[Saved data entries]
****************

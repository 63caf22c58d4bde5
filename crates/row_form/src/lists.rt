//! The lists of a row.

ghost use Rattle.std.specs.Prelude.{◌≡◌, ◌&&◌, IfOk, List, ℕ, length};
ghost use Rattle.std.specs.declared.cmp.Ordering.{Ordering as Compared};
ghost use Rattle.std.specs.Ordering.{nat_cmp, is_lt};
ghost use Rattle.row_form.specs.Answers.{Answers};
ghost use Rattle.row_form.specs.Readers.{read_list, value_if, reader_of_some};
ghost use Rattle.row_form.specs.FieldReaders.{ascends, are_distinct, are_targets, is_some_list, entry_cmp, placed_cmp, read_targets, read_entries, read_objects, read_places};

use crate::cursor::{Cursor, Unread};
use crate::fields::Field;
use crate::writing::form_of;
use cc_names::lists::List;
use cc_names::memory::{NoMemory, Or};
use cc_names::paths::Path;
use cc_names::rows::{Placed, ReadOf};
use std::alloc::Global;
use std::collections::HashSet;
use std::hash::RandomState;

/// A list. Takes memory as its members are read, and none by its count.
impl<M: Field> Field for List<M> {
    ghost reader = { read_list M.reader };

    fn read(alloc: Global, cursor: &mut Cursor<'_>) -> Result<List<M>, Or<Unread>> {
        let count = cursor.word()?;
        let mut members = Vec::new(alloc);
        for _member in 0..count {
            let member = M::read(alloc, cursor)?;
            members.push(member)?;
        }
        Ok(List::of(members))
    }
}

/// A member of a list that ascends.
pub(crate) trait Ordered {
    ghost cmp: { Self → Self → Compared };

    fn is_below(&self, next: &Self) -> bool
        ensures { result ≡ is_lt (cmp self.now next.now) };
}

impl Ordered for u64 {
    ghost cmp = { nat_cmp };

    fn is_below(&self, next: &u64) -> bool {
        *self < *next
    }
}

impl Ordered for ReadOf {
    ghost cmp = { entry_cmp };

    fn is_below(&self, next: &ReadOf) -> bool {
        self.path < next.path
    }
}

impl Ordered for Placed {
    ghost cmp = { placed_cmp };

    fn is_below(&self, next: &Placed) -> bool {
        self.element < next.element
    }
}

/// Whether each member is below the next.
fn ascend<M: Ordered>(members: &[M]) -> bool
    ensures { result ≡ ascends M.cmp members.now }
{
    let mut rest = members;
    while let [member, others @ ..] = rest {
        if let [next, ..] = others {
            if !member.is_below(next) {
                return false;
            }
        }
        rest = others;
    }
    true
}

/// Whether no target occurs twice, in time linear in them.
fn are_distinct(alloc: Global, hashing: RandomState, targets: &[Path]) -> Result<bool, NoMemory>
    ensures { IfOk result (λ are. are ≡ are_distinct targets.now) }
{
    let mut seen = HashSet::with_capacity_and_hasher(alloc, targets.len(), hashing)?;
    for target in targets {
        if !seen.insert(target.as_bytes())? {
            return Ok(false);
        }
    }
    Ok(true)
}

fn are_targets(
    alloc: Global,
    hashing: RandomState,
    form: u8,
    targets: &[Path],
) -> Result<bool, NoMemory>
    ensures { IfOk result (λ are. are ≡ are_targets form targets.now) }
{
    if targets.is_empty() || form_of(targets) != form {
        return Ok(false);
    }
    are_distinct(alloc, hashing, targets)
}

/// The targets of a publish whose first byte is this.
pub(crate) fn read_targets(
    alloc: Global,
    hashing: RandomState,
    cursor: &mut Cursor<'_>,
    form: u8,
) -> Result<List<Path>, Or<Unread>>
    ensures { Answers result (read_targets form cursor.old.rest.now) cursor.new.rest.now }
{
    let here = cursor.unread();
    let targets: List<Path> = Field::read(alloc, cursor)?;
    if are_targets(alloc, hashing, form, targets.as_slice())? {
        return Ok(targets);
    }
    Err(Or::Is(here))
}

/// The reads of a record.
pub(crate) fn read_entries(
    alloc: Global,
    cursor: &mut Cursor<'_>,
) -> Result<List<ReadOf>, Or<Unread>>
    ensures { Answers result (read_entries cursor.old.rest.now) cursor.new.rest.now }
{
    let here = cursor.unread();
    let entries: List<ReadOf> = Field::read(alloc, cursor)?;
    if ascend(entries.as_slice()) {
        return Ok(entries);
    }
    Err(Or::Is(here))
}

/// Whether there are members, and each is below the next.
fn are_ascending<M: Ordered>(members: &[M]) -> bool
    ensures { result ≡ is_some_list members.now && ascends M.cmp members.now }
{
    !members.is_empty() && ascend(members)
}

/// The objects of a scrub.
pub(crate) fn read_objects(alloc: Global, cursor: &mut Cursor<'_>) -> Result<List<u64>, Or<Unread>>
    ensures { Answers result (read_objects cursor.old.rest.now) cursor.new.rest.now }
{
    let here = cursor.unread();
    let objects: List<u64> = Field::read(alloc, cursor)?;
    if are_ascending(objects.as_slice()) {
        return Ok(objects);
    }
    Err(Or::Is(here))
}

/// The versions on which a label is placed.
pub(crate) fn read_places(
    alloc: Global,
    cursor: &mut Cursor<'_>,
) -> Result<List<Placed>, Or<Unread>>
    ensures { Answers result (read_places cursor.old.rest.now) cursor.new.rest.now }
{
    let here = cursor.unread();
    let placed: List<Placed> = Field::read(alloc, cursor)?;
    if are_ascending(placed.as_slice()) {
        return Ok(placed);
    }
    Err(Or::Is(here))
}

****************

When a line in the data contains the string "hashing", copy that line.

### Task result:
fn are_distinct(alloc: Global, hashing: RandomState, targets: &[Path]) -> Result<bool, NoMemory>
    let mut seen = HashSet::with_capacity_and_hasher(alloc, targets.len(), hashing)?;
    hashing: RandomState,
    are_distinct(alloc, hashing, targets)
    hashing: RandomState,
    if are_targets(alloc, hashing, form, targets.as_slice())? {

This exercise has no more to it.